Once again I find myself at the airport. DTW the abbreviation. In the last six weeks this marks the 7th start to a round trip. This time I am at the gate where the idea for my recently released short story “A Wing and A Prayer” first came to mind.
It’s the announcements here. Every few minutes a prerecorded message comes through loud and clear about the time zone, directions, the moving walk way, or the tram service. From this perch at gate 56, against the gray marble façade walls with the red triangle logo, sits a tree. I don’t think it’s a real tree. Something Shultz might put into a holiday special, it is in need of love or attention, perhaps sunlight, but clearly dusting. On this tree, a few years ago, sat one of the many birds that lived in this mile-long corridor of international traffic and travel.
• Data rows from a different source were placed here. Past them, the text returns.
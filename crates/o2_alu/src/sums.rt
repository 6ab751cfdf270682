// Sums, differences and bitwise results.

ghost use Rattle.std.specs.Prelude.{◌≡◌, ◌≤◌, ◌+ℤ◌, ◌-ℤ◌, pos};
ghost use Rattle.o2_isa.specs.Widths.{IsOfWidth, signed};
ghost use Rattle.o2_isa.specs.Sums.{bit, sum_value, sum_carries, sum_adjusts, sum_overflows, add_of, difference_value, difference_borrows, difference_overflows, sub_of, logic_value, logic_of, increment_of, decrement_of, negate_of, complement_of};
ghost use Rattle.o2_isa.specs.Alu.{binary_of, unary_of};

use crate::flags::{carries, is_set, szp, with_flag};
use crate::widths::{half_size, is_outside, signed_value, size};
use o2_isa::{BinaryOp, Flag, LogicOp, UnaryOp, Width};

/// A carry as a number.
#[inline(always)]
#[tactic(auto, unfolding(o2_isa::specs::Sums::bit))]
pub fn bit_of(carry: bool) -> u16
    ensures value { result ≡ bit carry }
    ensures small { result ≤ 1 }
{
    if carry { 1 } else { 0 }
}

#[inline(always)]
#[tactic(auto, unfolding(o2_isa::specs::Sums::sum_value, o2_isa::specs::Sums::sum_carries))]
fn sum(w: Width, a: u16, b: u16, carry: bool) -> (u16, bool)
    ensures value { result.0 ≡ sum_value w a b carry }
    ensures carry { result.1 ≡ sum_carries w a b carry }
    ensures fits { IsOfWidth w result.0 }
{
    let sum = a as u32 + b as u32 + bit_of(carry) as u32;
    ((sum % size(w)) as u16, size(w) <= sum)
}

#[inline(always)]
#[tactic(auto, unfolding(o2_isa::specs::Sums::sum_adjusts))]
fn sum_adjust(a: u16, b: u16, carry: bool) -> bool
    ensures { result ≡ sum_adjusts a b carry }
{
    16 <= a % 16 + b % 16 + bit_of(carry)
}

#[inline(always)]
fn signed_sum(w: Width, a: u16, b: u16, carry: bool) -> i64
    requires left { IsOfWidth w a }
    requires right { IsOfWidth w b }
    ensures { result ≡ signed w a +ℤ signed w b +ℤ pos (bit carry) }
{
    signed_value(w, a) + signed_value(w, b) + bit_of(carry) as i64
}

#[inline(always)]
#[tactic(auto, unfolding(o2_isa::specs::Sums::sum_overflows))]
fn sum_overflow(w: Width, a: u16, b: u16, carry: bool) -> bool
    requires left { IsOfWidth w a }
    requires right { IsOfWidth w b }
    ensures { result ≡ sum_overflows w a b carry }
{
    is_outside(w, signed_sum(w, a, b, carry))
}

/// ADD and, with CF for `carry`, ADC: the sum and the flags word.
#[inline]
#[tactic(auto, unfolding(o2_isa::specs::Sums::add_of))]
pub fn add(w: Width, a: u16, b: u16, carry: bool, f: u16) -> (u16, u16)
    requires left { IsOfWidth w a }
    requires right { IsOfWidth w b }
    ensures value { result ≡ add_of w a b carry f }
    ensures fits { IsOfWidth w result.0 }
{
    let (r, out) = sum(w, a, b, carry);
    let f = carries(
        f,
        out,
        sum_adjust(a, b, carry),
        sum_overflow(w, a, b, carry),
    );
    (r, szp(w, r, f))
}

#[inline(always)]
#[tactic(auto, unfolding(o2_isa::specs::Sums::difference_value))]
fn difference(w: Width, a: u16, b: u16, borrow: bool) -> u16
    requires left { IsOfWidth w a }
    requires right { IsOfWidth w b }
    ensures value { result ≡ difference_value w a b borrow }
    ensures fits { IsOfWidth w result }
{
    ((a as u32 + size(w) - b as u32 - bit_of(borrow) as u32) % size(w)) as u16
}

#[inline(always)]
#[tactic(auto, unfolding(o2_isa::specs::Sums::difference_borrows))]
fn borrows(a: u16, b: u16, borrow: bool) -> bool
    ensures { result ≡ difference_borrows a b borrow }
{
    (a as u32) < b as u32 + bit_of(borrow) as u32
}

#[inline(always)]
fn signed_difference(w: Width, a: u16, b: u16, borrow: bool) -> i64
    requires left { IsOfWidth w a }
    requires right { IsOfWidth w b }
    ensures { result ≡ signed w a -ℤ signed w b -ℤ pos (bit borrow) }
{
    signed_value(w, a) - signed_value(w, b) - bit_of(borrow) as i64
}

#[inline(always)]
#[tactic(auto, unfolding(o2_isa::specs::Sums::difference_overflows))]
fn difference_overflow(w: Width, a: u16, b: u16, borrow: bool) -> bool
    requires left { IsOfWidth w a }
    requires right { IsOfWidth w b }
    ensures { result ≡ difference_overflows w a b borrow }
{
    is_outside(w, signed_difference(w, a, b, borrow))
}

/// SUB, CMP and, with CF for `borrow`, SBB: the difference and the flags word.
#[inline]
#[tactic(auto, unfolding(o2_isa::specs::Sums::sub_of))]
pub fn sub(w: Width, a: u16, b: u16, borrow: bool, f: u16) -> (u16, u16)
    requires left { IsOfWidth w a }
    requires right { IsOfWidth w b }
    ensures value { result ≡ sub_of w a b borrow f }
    ensures fits { IsOfWidth w result.0 }
{
    let r = difference(w, a, b, borrow);
    let f = carries(
        f,
        borrows(a, b, borrow),
        borrows(a % 16, b % 16, borrow),
        difference_overflow(w, a, b, borrow),
    );
    (r, szp(w, r, f))
}

/// INC: one more, and the flags word with CF as it is.
#[inline]
#[tactic(auto, unfolding(o2_isa::specs::Sums::increment_of))]
pub fn increment(w: Width, a: u16, f: u16) -> (u16, u16)
    requires { IsOfWidth w a }
    ensures value { result ≡ increment_of w a f }
    ensures fits { IsOfWidth w result.0 }
{
    let (r, _) = sum(w, a, 1, false);
    let f = with_flag(f, Flag::Auxiliary, sum_adjust(a, 1, false));
    let f = with_flag(f, Flag::Overflow, sum_overflow(w, a, 1, false));
    (r, szp(w, r, f))
}

/// DEC: one less, and the flags word with CF as it is.
#[inline]
#[tactic(auto, unfolding(o2_isa::specs::Sums::decrement_of))]
pub fn decrement(w: Width, a: u16, f: u16) -> (u16, u16)
    requires { IsOfWidth w a }
    ensures value { result ≡ decrement_of w a f }
    ensures fits { IsOfWidth w result.0 }
{
    let r = difference(w, a, 1, false);
    let f = with_flag(f, Flag::Auxiliary, borrows(a % 16, 1, false));
    let f = with_flag(f, Flag::Overflow, difference_overflow(w, a, 1, false));
    (r, szp(w, r, f))
}

/// NEG: the number with the other sign, and the flags word.
#[inline]
#[tactic(auto, unfolding(o2_isa::specs::Sums::negate_of))]
pub fn negate(w: Width, a: u16, f: u16) -> (u16, u16)
    requires { IsOfWidth w a }
    ensures value { result ≡ negate_of w a f }
    ensures fits { IsOfWidth w result.0 }
{
    let r = ((size(w) - a as u32) % size(w)) as u16;
    let f = carries(f, a != 0, a % 16 != 0, a as u32 == half_size(w));
    (r, szp(w, r, f))
}

/// NOT: each bit turned over. It changes no flag.
#[inline(always)]
#[tactic(auto, unfolding(o2_isa::specs::Sums::complement_of))]
pub fn complement(w: Width, a: u16) -> u16
    requires { IsOfWidth w a }
    ensures value { result ≡ complement_of w a }
    ensures fits { IsOfWidth w result }
{
    (size(w) - 1 - a as u32) as u16
}

#[inline(always)]
#[tactic(auto, using(crate::proofs::Bounds::or_fits, crate::proofs::Bounds::xor_fits))]
fn logic_result(op: LogicOp, w: Width, a: u16, b: u16) -> u16
    requires left { IsOfWidth w a }
    requires right { IsOfWidth w b }
    ensures value { result ≡ logic_value op a b }
    ensures fits { IsOfWidth w result }
{
    match op {
        LogicOp::And => a & b,
        LogicOp::Or => a | b,
        LogicOp::Xor => a ^ b,
    }
}

/// AND, OR and XOR: the result and the flags word. TEST gives the flags word of AND.
#[inline]
#[tactic(auto, unfolding(o2_isa::specs::Sums::logic_of))]
pub fn logic(op: LogicOp, w: Width, a: u16, b: u16, f: u16) -> (u16, u16)
    requires left { IsOfWidth w a }
    requires right { IsOfWidth w b }
    ensures value { result ≡ logic_of op w a b f }
    ensures fits { IsOfWidth w result.0 }
{
    let r = logic_result(op, w, a, b);
    let f = with_flag(f, Flag::Carry, false);
    let f = with_flag(f, Flag::Overflow, false);
    (r, szp(w, r, f))
}

/// ADD, ADC, SUB, SBB, CMP, AND, TEST, OR and XOR: the result and the flags word.
#[inline(always)]
#[tactic(auto, unfolding(o2_isa::specs::Alu::binary_of))]
pub fn binary(op: BinaryOp, w: Width, a: u16, b: u16, f: u16) -> (u16, u16)
    requires left { IsOfWidth w a }
    requires right { IsOfWidth w b }
    ensures value { result ≡ binary_of op w a b f }
    ensures fits { IsOfWidth w result.0 }
{
    match op {
        BinaryOp::Add => add(w, a, b, false, f),
        BinaryOp::Adc => add(w, a, b, is_set(f, Flag::Carry), f),
        BinaryOp::Sub | BinaryOp::Cmp => sub(w, a, b, false, f),
        BinaryOp::Sbb => sub(w, a, b, is_set(f, Flag::Carry), f),
        BinaryOp::And | BinaryOp::Test => logic(LogicOp::And, w, a, b, f),
        BinaryOp::Or => logic(LogicOp::Or, w, a, b, f),
        BinaryOp::Xor => logic(LogicOp::Xor, w, a, b, f),
    }
}

/// INC, DEC, NEG and NOT: the result and the flags word.
#[inline(always)]
#[tactic(auto, unfolding(o2_isa::specs::Alu::unary_of))]
pub fn unary(op: UnaryOp, w: Width, a: u16, f: u16) -> (u16, u16)
    requires { IsOfWidth w a }
    ensures value { result ≡ unary_of op w a f }
    ensures fits { IsOfWidth w result.0 }
{
    match op {
        UnaryOp::Inc => increment(w, a, f),
        UnaryOp::Dec => decrement(w, a, f),
        UnaryOp::Neg => negate(w, a, f),
        UnaryOp::Not => (complement(w, a), f),
    }
}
There were enough birds that posted signs and announcements used to ask people to not feed them and be mindful of the practices and noises used to scar them off.
In door birds are not that uncommon. We used to see them at the Oakland Mall in a time when mall’s were in fashion, smoking inside was acceptable, and parachute pants were the rage. It is rare for me to visit a shopping mall, but it is very common for me to be at an airport, where rolling down the moving walkway I can catch the scent of the fresh leather on racks, see the pressed and folded shirts one may need from poor packing, or the gadget stories every few yards that want to sell you replacement parts and overpriced headphones.
“A Wing and A Prayer” is more than a short story, but less than a novella. It more than just about birds who flock together in an airport, and less than traditional in the views it expresses about how different people can work together.
This short story, among everything I have written, stays in my thoughts most frequently as I fly in and out of DTW.